▶ _DESCRIPTION OF THE TASK_: Keep every line of the data below that has the string "LruCache" and present those lines.

▶ _INFORMATION SHOWN_:
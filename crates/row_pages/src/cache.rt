//! Pages of a disk that are kept in memory.

ghost use Rattle.std.specs.Prelude.{◌≡◌, ◌⊎◌, ◌≤◌, ◌<◌, ◌+◌, ℕ, List, [], true, IsTrue, IsSome, IfOk, IfErr, OnOk, length, nat_eq};
ghost use Rattle.std.specs.Map.{lookup};
ghost use Rattle.drda_words.specs.Place.{part};
ghost use Rattle.drda_disk.specs.Disk.{Stays, Torn};
ghost use Rattle.drda_disk.specs.Layout.{page_bytes};
ghost use Rattle.row_pages.specs.Page.{IsPage};
ghost use Rattle.row_pages.specs.Keeping.{AreRead, CountsPageFault, TellsDamage};
ghost use Rattle.row_pages.specs.declared.kept.PageFault.TheVariants.{NoMemory};

use crate::judged::JudgedPage;
use crate::kept::{KeptPage, PageFault};
use crate::memory::PageMemory;
use drda_disk::{Disk, PAGE_BYTES};
use lru::LruCache;
use row_values::Schema;
use std::alloc::{AllocError, Global};
use std::marker::Model;
use std::num::NonZeroUsize;
use std::sync::Arc;

/// Pages by the offsets at which they were read, so many at most; the one that was asked for
/// longest ago goes first. Contracts see it as the list of them.
///
/// It does not see what is written to the disk: a `Pager` tells it, so that each page kept is what
/// that disk reads (`AreRead`).
#[derive(Drop)]
pub struct PageCache {
    pages: LruCache<usize, JudgedPage>,
    /// No page that is kept begins in front of this offset,
    first: usize,
    /// and none behind this one.
    last: usize,
}

impl Model for PageCache {
    ghost use Rattle.row_pages.specs.Keeping.{BeginWithin, Kept};

    ghost Value = { Kept };

    ghost view = { λ c. c.pages.entries };

    ghost invariant = { λ c. BeginWithin c.first c.last c.pages.entries };
}

impl PageCache {
    /// A cache without pages, that keeps so many at most, 1 at least.
    pub fn new(alloc: Global, most: usize) -> Result<PageCache, AllocError>
        requires { 0 < most }
        ensures { IfOk result (λ cache. cache ≡ []) }
    {
        let most = match NonZeroUsize::new(most) {
            Some(most) => most,
            None => unreachable!(),
        };
        Ok(PageCache {
            pages: LruCache::new(alloc, most)?,
            first: usize::MAX,
            last: 0,
        })
    }

    /// Keeps no page from now on. Takes no memory.
    pub(crate) fn clear(&mut self)
        ensures { self.new ≡ [] }
    {
        self.pages.clear();
        self.first = usize::MAX;
        self.last = 0;
    }

    /// Something is written to so many bytes of the disk, from this offset on. All pages are kept, where
    /// these bytes lie in front of all that were asked for since the last `clear`, or behind them; else none
    /// is. Which of the two comes is tested, and no clause says it. Takes no memory.
    pub(crate) fn keep_apart(&mut self, at: usize, len: usize)
        ensures all_or_none { (self.new ≡ self.old) ⊎ (self.new ≡ []) }
        ensures read { (old new : List ℕ) → Torn at len old new → AreRead self.old old → AreRead self.new new }
    {
        if !lies_apart(self.first, self.last, at, len) {
            self.clear();
        }
    }

    /// Keeps the page at an offset, as the one that was asked for last. It is read where it is not kept: into the memory
    /// of the page that was asked for longest ago, where no more can be kept. That page is kept no longer then, also
    /// where there is none in its place.
    pub(crate) fn fetch<D: Disk>(
        &mut self,
        alloc: Global,
        disk: &mut D,
        at: usize,
    ) -> Result<(), PageFault>
        requires { at + page_bytes ≤ length (D.life disk.old).seen }
        ensures kept { IsTrue D.is_modelled → AreRead self.old (D.life disk.old).seen → AreRead self.new (D.life disk.new).seen }
        ensures there { OnOk result (IsSome (lookup (nat_eq at) self.new)) }
        ensures damaged { IsTrue D.is_modelled → TellsDamage (part (D.life disk.old).seen at page_bytes) result }
        ensures stays { Stays (D.life disk.old) (D.life disk.new) }
        ensures faults { CountsPageFault result (D.life disk.old).faults (D.life disk.new).faults }
    {
        if self.promote(at) {
            return Ok(());
        }
        let page = self.take_memory(alloc)?.read(disk, at)?;
        self.keep(at, page)
    }

    // Makes the page at an offset the one that was asked for last, if it is kept.
    fn promote(&mut self, at: usize) -> bool
        ensures kept { (file : List ℕ) → AreRead self.old file → AreRead self.new file }
        ensures there { result ≡ true → IsSome (lookup (nat_eq at) self.new) }
    {
        self.pages.promote(&at)
    }

    // Memory for one more page: where no more can be kept, that of the page that was asked for longest ago, which is
    // kept no longer then; else new memory.
    fn take_memory(&mut self, alloc: Global) -> Result<PageMemory, PageFault>
        ensures kept { (file : List ℕ) → AreRead self.old file → AreRead self.new file }
        ensures fault { IfErr result (λ fault. fault ≡ NoMemory) }
    {
        match self.make_room() {
            Some(page) => Ok(PageMemory::of(page.into_page())),
            None => new_memory(alloc),
        }
    }

    // The page that was asked for longest ago, where no more can be kept: it is kept no longer.
    fn make_room(&mut self) -> Option<JudgedPage>
        ensures { (file : List ℕ) → AreRead self.old file → AreRead self.new file }
    {
        if self.pages.len() < self.pages.cap().get() {
            return None;
        }
        match self.pages.pop_lru() {
            Some((_, page)) => Some(page),
            None => None,
        }
    }

    // Keeps a page, as the one that was asked for last.
    fn keep(&mut self, at: usize, page: KeptPage) -> Result<(), PageFault>
        ensures kept { (file : List ℕ) → AreRead self.old file → IsPage page (part file at page_bytes) → AreRead self.new file }
        ensures there { OnOk result (IsSome (lookup (nat_eq at) self.new)) }
        ensures fault { IfErr result (λ fault. fault ≡ NoMemory) }
    {
        self.first = earlier_of(self.first, at);
        self.last = later_of(self.last, at);
        match self.pages.put(at, JudgedPage::new(page)) {
            Ok(_) => Ok(()),
            Err(_) => Err(PageFault::NoMemory),
        }
    }

    /// The page that is kept at an offset is judged by a schema, where there is one: it carries its mark
    /// then, where its rows are rows of the schema whose keys rise. Takes no memory.
    pub(crate) fn judge(&mut self, at: usize, by: Option<&Arc<Schema, Global>>)
        ensures { self.new ≡ self.old }
    {
        if let Some(schema) = by {
            judge_at(&mut self.pages, at, schema);
        }
    }

    /// The page that is kept at an offset.
    pub(crate) fn kept(&self, at: usize) -> &JudgedPage
        requires { IsSome (lookup (nat_eq at) self.now) }
        ensures { (file : List ℕ) → AreRead self.now file → IsPage result.now (part file at page_bytes) }
    {
        match self.pages.peek(&at) {
            Some(page) => page,
            None => unreachable!(),
        }
    }
}

// New memory for a page.
fn new_memory(alloc: Global) -> Result<PageMemory, PageFault>
    ensures { IfErr result (λ fault. fault ≡ NoMemory) }
{
    match PageMemory::new(alloc) {
        Ok(memory) => Ok(memory),
        Err(_) => Err(PageFault::NoMemory),
    }
}

// The page at an offset is judged by a schema.
fn judge_at(pages: &mut LruCache<usize, JudgedPage>, at: usize, schema: &Arc<Schema, Global>)
    ensures { pages.new ≡ pages.old }
{
    match pages.peek_mut(&at) {
        Some(page) => page.judge(schema),
        None => {}
    }
}

// Whether so many bytes from an offset on lie in front of all pages that begin within two others, or behind them.
fn lies_apart(first: usize, last: usize, at: usize, len: usize) -> bool
    ensures { IsTrue result → (at + len ≤ first) ⊎ (last + page_bytes ≤ at) }
{
    if at >= PAGE_BYTES && last <= at - PAGE_BYTES {
        return true;
    }
    len <= first && at <= first - len
}

// The earlier of two offsets.
fn earlier_of(first: usize, second: usize) -> usize
    ensures first { result ≤ first }
    ensures second { result ≤ second }
{
    if first < second { first } else { second }
}

// The later of two offsets.
fn later_of(first: usize, second: usize) -> usize
    ensures first { first ≤ result }
    ensures second { second ≤ result }
{
    if first < second { second } else { first }
}
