//! A page that is read.

ghost use Rattle.std.specs.Prelude.{◌≡◌, ◌==◌, true, IfSome, option_map};
ghost use Rattle.std.specs.List.{list_all};
ghost use Rattle.drda_words.specs.Bytes.{AreBytes};
ghost use Rattle.row_pages.specs.Page.{code_of};
ghost use Rattle.row_pages.specs.Reading.{has_rows, rows_in};
ghost use Rattle.row_pages.specs.Parsing.{Parses, SaysHead, kind_at, page_at};
ghost use Rattle.row_pages.specs.Keeping.{HoldsRows, Judges, page_with};

use crate::rows::{RowIter, behind_rows};
use drda_disk::PAGE_BYTES;
use std::marker::Model;

/// The bytes in front of a page's rows.
pub(crate) const HEADER_BYTES: usize = 3;

/// What the rows of a page are.
#[derive(Clone, Copy, Debug, PartialEq, Eq)]
pub enum PageKind {
    /// The names, schemas and places of tables.
    Catalogue,
    /// Rows of a table.
    Rows,
}

impl PageKind {
    /// The number that a page begins with: 1 or 2.
    pub fn code(self) -> u8
        ensures { result ≡ code_of self }
    {
        match self {
            PageKind::Catalogue => 1,
            PageKind::Rows => 2,
        }
    }

    /// The kind of this number, if it is one.
    pub(crate) fn of(code: u8) -> Option<PageKind>
        ensures { result ≡ kind_at code }
    {
        match code {
            1 => Some(PageKind::Catalogue),
            2 => Some(PageKind::Rows),
            _ => None,
        }
    }
}

/// Bytes that are no page.
#[derive(Clone, Copy, Debug, PartialEq, Eq)]
pub struct Damaged;

/// A page where it lies. Contracts see it as its kind and its list of rows.
#[derive(Drop)]
pub struct PageRef<'p> {
    kind: PageKind,
    count: usize,
    bytes: &'p [u8],
}

impl<'p> Model for PageRef<'p> {
    ghost use Rattle.std.specs.Prelude.{◌≡◌, true};
    ghost use Rattle.row_pages.specs.Page.{Page};
    ghost use Rattle.row_pages.specs.Reading.{has_rows, rows_in};

    ghost Value = { Page };

    ghost view = { λ p. record { kind = p.kind; rows = rows_in p.count p.bytes.now } };

    ghost invariant = { λ p. has_rows p.count p.bytes.now ≡ true };
}

impl<'p> PageRef<'p> {
    /// The page that the bytes are. `Damaged` exactly where they are none: their number is not
    /// 8,192, the kind is unknown, the rows do not fit, or what follows them is not zeros. Takes
    /// no memory.
    pub fn parse(bytes: &'p [u8]) -> Result<PageRef<'p>, Damaged>
        ensures { Parses bytes.now result }
    {
        match judged(bytes) {
            Some((kind, count)) => { Ok(PageRef::behind_head(kind, count, &bytes[HEADER_BYTES..])) }
            None => Err(Damaged),
        }
    }

    /// The page of this kind whose rows are the first ones of these bytes.
    pub(crate) fn behind_head(kind: PageKind, count: usize, bytes: &'p [u8]) -> PageRef<'p>
        requires { has_rows count bytes.now ≡ true }
        ensures { result ≡ record { kind = kind; rows = rows_in count bytes.now } }
    {
        PageRef { kind, count, bytes }
    }

    /// What the rows are.
    pub fn kind(&self) -> PageKind
        ensures { result ≡ self.now.kind }
    {
        self.kind
    }

    /// The rows, in their order. Takes no memory.
    pub fn rows(&self) -> RowIter<'p>
        ensures { result ≡ self.now.rows }
    {
        RowIter::new(self.count, self.bytes)
    }
}

/// The kind and the number of rows that the head of these bytes says, where they may be a page: there
/// are 8,192 of them, and the kind is known.
#[tactic(auto, unfolding(crate::specs::Parsing::page_at))]
pub(crate) fn head_of(bytes: &[u8]) -> Option<(PageKind, usize)>
    ensures head { SaysHead bytes.now result }
    ensures bytes { IfSome result (λ _. AreBytes bytes.now) }
{
    if bytes.len() != PAGE_BYTES {
        return None;
    }
    let [code, high, low, ..] = bytes else {
        return None;
    };
    let kind = PageKind::of(*code)?;
    Some((kind, u16::from_be_bytes([*high, *low]) as usize))
}

// The kind and the number of rows of the page that the bytes are, if they are one, read from the front.
fn read_head(bytes: &[u8]) -> Option<(PageKind, usize)>
    ensures page { option_map (λ head. page_with head bytes.now) result ≡ page_at bytes.now }
    ensures holds { IfSome result (λ head. HoldsRows head.1 bytes.now) }
{
    let (kind, count) = head_of(bytes)?;
    let zeros = behind_rows(count, &bytes[HEADER_BYTES..])?;
    if is_zero(zeros) {
        Some((kind, count))
    } else {
        None
    }
}

/// The kind and the number of rows of the page that the bytes are; `None` exactly where they are
/// none.
pub(crate) fn judged(bytes: &[u8]) -> Option<(PageKind, usize)>
    ensures { Judges bytes.now result }
{
    read_head(bytes)
}

/// Whether all bytes are zero.
pub(crate) fn is_zero(bytes: &[u8]) -> bool
    ensures { result ≡ list_all (λ b. b == 0) bytes.now }
{
    bytes.iter().all(|byte| *byte == 0)
}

▶ _OUTPUT OF THE EXERCISE_:
use lru::LruCache;
    pages: LruCache<usize, JudgedPage>,
            pages: LruCache::new(alloc, most)?,
fn judge_at(pages: &mut LruCache<usize, JudgedPage>, at: usize, schema: &Arc<Schema, Global>)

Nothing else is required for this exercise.